Dr Neil Lent, a lecturer in learning and teaching at the Institute for Academic Development at the University of Edinburgh, has been central to the rapid upheaval of the university’s assessment design during the public health crisis.
His role focuses on improving student assessment and designing better courses and programmes.
Speaking to Dr Joe Arton, an academic developer in the Institute for Academic Development at the University of Edinburgh – and producer of the Teaching Matters podcast – Lent explains the risks posed by the move to digital assessment.
He says “falsification of data” in scientific projects is a particular concern, while “programming tasks in computing subjects are seen as potentially high risk.”
He asks: “If we don’t do proper exams in a room, then there’s the potential for cheating. If it’s online – is it really that person doing the exam at that time?”
Cheating is not the only issue that has been raised following the change in assessment design. The move to digital appraisal has also led to an increase in workload and pressure in some instances.

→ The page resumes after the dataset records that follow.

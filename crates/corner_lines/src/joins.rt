// The laws of a row or an attribute that joins, each the contract of a function that does nothing.
ghost use Rattle.corner_lines.specs.JoinLaws.{AttrIsOwnDeviation, AttrJoinsCorner, AttrJoinsRays};
ghost use Rattle.corner_lines.specs.JoinLaws.{EquationsHoldWithAttr, EquationsHoldWithRow, JoinedHasRays};
ghost use Rattle.corner_lines.specs.JoinLaws.{JoinedIsCorner, JoinedTurns, JoinedUnderHasRays};
ghost use Rattle.corner_lines.specs.JoinLaws.{JoinedUnderIsCorner, JoinedUnderKeepsEquations};
ghost use Rattle.corner_lines.specs.JoinLaws.{LastTermsAreUnfit, NoTermsAreZero, PathBeginsWithMore};
ghost use Rattle.corner_lines.specs.JoinLaws.{PathBeginsWithNone, StoodClearsStays, StoodHasRays};
ghost use Rattle.corner_lines.specs.JoinLaws.{StoodIsCorner, StoodKeepsAttrs, StoodKeepsRows, TermsAreUnfit};
ghost use Rattle.corner_lines.specs.JoinLaws.{TermsGiveDeviation, TermsGoOn};

/// A corner with a new row's over mark is a corner of the problem with the row, and each outside mark can
/// grow alone there too.
pub fn joined_is_corner()
    ensures corner { JoinedIsCorner }
    ensures rays { JoinedHasRays }
{}

/// All equations without a number for the row hold there.
pub fn equations_hold_with_row()
    ensures { EquationsHoldWithRow }
{}

/// No terms have the sum 0.
pub fn no_terms_are_zero()
    ensures { NoTermsAreZero }
{}

/// The sum of a row's first terms goes on with the next attribute's equation.
pub fn terms_go_on()
    ensures { TermsGoOn }
{}

/// The sum of all terms gives the row's deviation.
pub fn terms_give_deviation()
    ensures { TermsGiveDeviation }
{}

/// If a sum of the first terms has no writing that fits, it may be the quantity that a stop names.
pub fn terms_are_unfit()
    ensures { TermsAreUnfit }
{}

/// If the over mark has no writing that fits, so may the whole sum less the constant.
pub fn last_terms_are_unfit()
    ensures { LastTermsAreUnfit }
{}

/// The row joins under by an exchange of its two marks.
pub fn joined_turns()
    ensures { JoinedTurns }
{}

/// A corner with a new row's under mark is a corner too, and each outside mark can grow alone there.
pub fn joined_under_is_corner()
    ensures corner { JoinedUnderIsCorner }
    ensures rays { JoinedUnderHasRays }
{}

/// All equations are the same whether the row is over or under.
pub fn joined_under_keeps_equations()
    ensures { JoinedUnderKeepsEquations }
{}

/// A corner is a corner of the problem with a new attribute, whose stay is outside, and each outside mark
/// can grow alone there too.
pub fn attr_joins_corner()
    ensures corner { AttrJoinsCorner }
    ensures rays { AttrJoinsRays }
{}

/// All equations without a number for the new stay hold there.
pub fn equations_hold_with_attr()
    ensures { EquationsHoldWithAttr }
{}

/// The new attribute is its stay's target plus its stay's deviation.
pub fn attr_is_own_deviation()
    ensures { AttrIsOwnDeviation }
{}

/// If the stays move to the values at a corner, it stays a corner, and each outside mark can still grow
/// alone.
pub fn stood_is_corner()
    ensures corner { StoodIsCorner }
    ensures rays { StoodHasRays }
{}

/// The attributes' equations stay as they are.
pub fn stood_keeps_attrs()
    ensures { StoodKeepsAttrs }
{}

/// The equations of rows' deviations stay as they are.
pub fn stood_keeps_rows()
    ensures { StoodKeepsRows }
{}

/// The equations of the stays' deviations keep their numbers, and their values become 0.
pub fn stood_clears_stays()
    ensures { StoodClearsStays }
{}

/// Before a row joins, a path begins at the corner's own marks.
pub fn path_begins_with_none()
    ensures { PathBeginsWithNone }
{}

/// After rows have joined one by one, each with its mark that is not negative, a path begins.
pub fn path_begins_with_more()
    ensures { PathBeginsWithMore }
{}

Dr Arton says: “Academic misconduct in assessments is a wicked problem. And the scope of this wicked problem is perceived to have escalated during the pandemic. Responding to academic misconduct at the course programme, institutional, or even sector level, requires complex and often unsatisfying interventions. And for these interventions to work, a lot of people have to change their behaviour and mindset.

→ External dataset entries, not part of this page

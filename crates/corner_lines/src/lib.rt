//! The equations of lines at a corner. An attribute or an inside line has one row of whole numbers without a
//! common factor, over the outside lines:
//!
//! ```text
//! own * quantity = own * value + sum of by * deviation
//! ```
//!
//! The main definition is `IsLineEquation` in `specs/LineEquations.antt`. For a row `x >= 5` and a stay that
//! draws x to 0, at the corner where x is 5 and the row is outside, the equations are:
//!
//! ```text
//! 1 * x = 1 * 5 + 1 * deviation of the row
//! 1 * deviation of the stay = 1 * 5 + 1 * deviation of the row
//! ```
//!
//! The laws here, each the contract of a function that does nothing, show that a corner kept as such rows
//! satisfies the definitions by marks.
//!
//! A priority level has one such row too, `IsLevelRow`. Its inside lines count implicitly. The laws say how
//! the row changes at an exchange, a turn, a join and a departure, how much the level costs then, and when it
//! fits. The sign of a column is the sign of its first number that isn't 0, its front.
//!
//! A line equation keeps three facts: `own` is above 0, only outside lines have a number that isn't 0, and
//! only 1 divides `own` and all the numbers.
//!
//! Linear programming's words: the marks inside a corner are its basis, and an exchange is a pivot. A line
//! equation is a row of the tableau. The slack and the surplus of a constraint, whose columns are opposite,
//! share one column there. The row of a level is an objective row, from which the reduced costs of its marks
//! follow.
//!
//! In reading order: `equations` (writings, lowest terms, what does not fit, exchanges and what moves),
//! `joins` (a row or an attribute joins, stays move), `removals` (they are taken out), `shifts` (a constant
//! changes), `levels` (the rows of levels), `fronts` (the signs of columns).
#![tactic(auto)]

mod equations;
mod fronts;
mod joins;
mod levels;
mod removals;
mod shifts;

pub use equations::equation_is_carried;
pub use equations::equation_stays;
pub use equations::line_has_numbers;
pub use equations::line_is_exchange;
pub use equations::line_is_written;
pub use equations::line_moves;
pub use equations::lowest_terms_are_one;
pub use equations::mark_has_numbers;
pub use equations::mark_is_written;
pub use equations::mark_moves;
pub use equations::mark_unfit_from_deviation;
pub use equations::mark_unfit_from_line;
pub use equations::pivot_is_resolved;
pub use equations::same_marks_are_corner;
pub use equations::sum_is_reducible;
pub use equations::turn_is_exchange;
pub use equations::turn_keeps_equations;
pub use equations::unfit_from_line;
pub use equations::unfit_from_value;
pub use fronts::alike_costs_keep_sign;
pub use fronts::alike_fronts_are_fronts;
pub use fronts::exchanged_costs_are_alike;
pub use fronts::grown_costs_are_alike;
pub use fronts::joined_costs_are_alike;
pub use fronts::moved_levels_stay;
pub use fronts::negative_front_is_negative;
pub use fronts::new_stay_leaves_levels;
pub use fronts::no_front_is_not;
pub use fronts::no_negative_fronts;
pub use fronts::positive_front_is_not;
pub use fronts::reduced_elsewhere;
pub use fronts::single_has_front;
pub use joins::attr_is_own_deviation;
pub use joins::attr_joins_corner;
pub use joins::equations_hold_with_attr;
pub use joins::equations_hold_with_row;
pub use joins::joined_is_corner;
pub use joins::joined_turns;
pub use joins::joined_under_is_corner;
pub use joins::joined_under_keeps_equations;
pub use joins::last_terms_are_unfit;
pub use joins::no_terms_are_zero;
pub use joins::path_begins_with_more;
pub use joins::path_begins_with_none;
pub use joins::stood_clears_stays;
pub use joins::stood_is_corner;
pub use joins::stood_keeps_attrs;
pub use joins::stood_keeps_rows;
pub use joins::terms_are_unfit;
pub use joins::terms_give_deviation;
pub use joins::terms_go_on;
pub use levels::all_rows_have_joined;
pub use levels::divided_row_is_row;
pub use levels::empty_level_has_row;
pub use levels::entering_number_fits;
pub use levels::equation_is_pivot;
pub use levels::exchanged_cost_is_cost;
pub use levels::exchanged_row_is_multiple;
pub use levels::exchanged_row_is_row;
pub use levels::first_rows_are_sound;
pub use levels::fitting_row_has_writing;
pub use levels::free_row_changes_nothing;
pub use levels::grown_row_is_row;
pub use levels::inside_stay_costs;
pub use levels::inside_stay_fits;
pub use levels::inside_stay_has_row;
pub use levels::inside_stay_is_unfit;
pub use levels::joined_cost_is_cost;
pub use levels::joined_row_is_multiple;
pub use levels::joined_row_is_row;
pub use levels::joined_unit_is_unit;
pub use levels::joining_rows_are_free;
pub use levels::joining_rows_cost_nothing;
pub use levels::leaving_number_fits;
pub use levels::left_cost_is_cost;
pub use levels::left_row_is_multiple;
pub use levels::left_row_is_row;
pub use levels::one_row_more_joins;
pub use levels::order_is_free;
pub use levels::outside_stay_costs_one;
pub use levels::outside_stay_fits;
pub use levels::outside_stay_has_row;
pub use levels::outside_stay_level_fits;
pub use levels::pivot_is_solved;
pub use levels::shrunk_row_is_row;
pub use levels::single_is_unfit;
pub use levels::small_row_fits;
pub use levels::stay_level_fits;
pub use levels::stay_level_is_unfit;
pub use levels::stay_stands_alone;
pub use levels::sum_is_unfit;
pub use levels::turned_cost_is_cost;
pub use levels::turned_row_is_multiple;
pub use levels::turned_row_is_row;
pub use levels::turning_number_fits;
pub use levels::unfit_exchanged_cost;
pub use levels::unfit_joined_cost;
pub use levels::unfit_multiple_has_no_writing;
pub use levels::unfit_row_has_no_writing;
pub use levels::unfit_turned_cost;
pub use levels::untouched_row_stays;
pub use levels::whole_is_sound;
pub use removals::free_stay_is_outside;
pub use removals::left_is_unfit;
pub use removals::without_attr_is_corner;
pub use removals::without_attr_keeps_attrs;
pub use removals::without_attr_keeps_lines;
pub use removals::without_row_is_corner;
pub use removals::without_row_keeps_attrs;
pub use removals::without_row_keeps_lines;
pub use shifts::shift_moves_attrs;
pub use shifts::shift_moves_lines;
pub use shifts::shift_moves_row;
pub use shifts::shifted_is_corner;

“But the sad fact is that a great deal of the technical solutions designed to mitigate academic misconduct haven’t done much to close the perception gap. One of the main drivers in academic misconduct is the inability of staff and students to accurately identify each other’s expectations of the learning and teaching environment.”
Celeste McLaughlin, head of academic development for digital education at the Institute for Academic Development, believes that the introduction of digital assessment practices has triggered “a growing awareness of what’s possible” among staff.
McLaughlin says: “What we’ve seen is people starting to see those possibilities… And they’re having conversations with the students. I think this is really important, having those conversations with the students, finding out what works for the students in their particular context, bearing in mind that a lot of students are studying in very different environments – whether that is in halls of residence, or at home or in a different country in a different timezone.
“And these are all the complexities that colleagues have had to adapt to over this academic year very quickly. And also get their heads round a number of different technologies, and also get their heads round these quickly evolving changes to the teaching and learning practices. And actually what we’re finding now is people are having, I think, quite useful changes to their mind sets about the possibilities, what they can do going forward.
“So rather than thinking of it as something negative, I like to flip that and think about it as being something more positive and where you open up opportunities to have a dialogue with students about expectations, and about what good academic practice looks like.”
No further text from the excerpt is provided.